▶ **What you have to do**:
What is the number of lines in the data that contain "basics"? Nothing besides that number, please.

:: Listed records

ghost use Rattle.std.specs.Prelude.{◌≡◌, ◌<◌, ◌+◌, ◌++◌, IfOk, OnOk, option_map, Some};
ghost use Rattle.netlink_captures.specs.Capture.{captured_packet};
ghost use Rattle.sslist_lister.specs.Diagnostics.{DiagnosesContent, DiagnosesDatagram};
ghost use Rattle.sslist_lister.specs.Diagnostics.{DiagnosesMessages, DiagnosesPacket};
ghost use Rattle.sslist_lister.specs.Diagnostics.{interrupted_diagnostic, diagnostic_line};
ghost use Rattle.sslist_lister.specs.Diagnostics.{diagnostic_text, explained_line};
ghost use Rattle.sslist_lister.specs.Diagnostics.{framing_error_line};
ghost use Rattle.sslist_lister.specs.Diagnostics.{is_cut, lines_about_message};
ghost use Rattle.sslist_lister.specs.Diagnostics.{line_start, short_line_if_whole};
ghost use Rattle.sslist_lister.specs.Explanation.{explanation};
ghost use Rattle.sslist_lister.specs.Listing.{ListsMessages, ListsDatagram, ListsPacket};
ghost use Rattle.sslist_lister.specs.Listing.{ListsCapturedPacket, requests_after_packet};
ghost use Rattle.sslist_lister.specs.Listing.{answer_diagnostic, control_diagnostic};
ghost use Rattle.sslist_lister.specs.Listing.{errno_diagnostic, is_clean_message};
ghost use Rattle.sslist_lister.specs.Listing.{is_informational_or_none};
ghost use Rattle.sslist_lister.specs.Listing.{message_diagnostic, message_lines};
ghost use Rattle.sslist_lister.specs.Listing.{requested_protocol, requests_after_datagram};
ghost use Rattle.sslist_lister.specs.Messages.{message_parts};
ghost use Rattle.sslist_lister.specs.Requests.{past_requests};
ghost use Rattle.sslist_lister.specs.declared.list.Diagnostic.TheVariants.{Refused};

::::
:: Listed records

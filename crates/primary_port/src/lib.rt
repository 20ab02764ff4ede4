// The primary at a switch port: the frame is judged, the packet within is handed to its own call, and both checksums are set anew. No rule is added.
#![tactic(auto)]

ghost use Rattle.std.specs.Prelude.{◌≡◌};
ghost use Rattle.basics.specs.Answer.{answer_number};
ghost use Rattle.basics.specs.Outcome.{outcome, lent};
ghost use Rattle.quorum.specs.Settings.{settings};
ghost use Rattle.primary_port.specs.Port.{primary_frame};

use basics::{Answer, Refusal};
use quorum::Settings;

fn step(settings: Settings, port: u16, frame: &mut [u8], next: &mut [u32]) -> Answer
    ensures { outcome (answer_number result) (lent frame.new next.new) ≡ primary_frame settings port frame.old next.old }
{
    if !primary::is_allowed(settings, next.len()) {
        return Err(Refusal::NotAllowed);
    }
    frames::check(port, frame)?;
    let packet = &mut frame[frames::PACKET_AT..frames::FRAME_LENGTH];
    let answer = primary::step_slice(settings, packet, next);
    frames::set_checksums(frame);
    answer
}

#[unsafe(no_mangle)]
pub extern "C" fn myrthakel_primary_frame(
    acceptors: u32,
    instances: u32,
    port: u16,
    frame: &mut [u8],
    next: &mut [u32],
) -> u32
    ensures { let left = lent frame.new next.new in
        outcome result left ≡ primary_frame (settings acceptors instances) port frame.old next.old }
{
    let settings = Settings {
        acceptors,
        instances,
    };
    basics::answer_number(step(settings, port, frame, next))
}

::::

▶ **Exercise result**:
4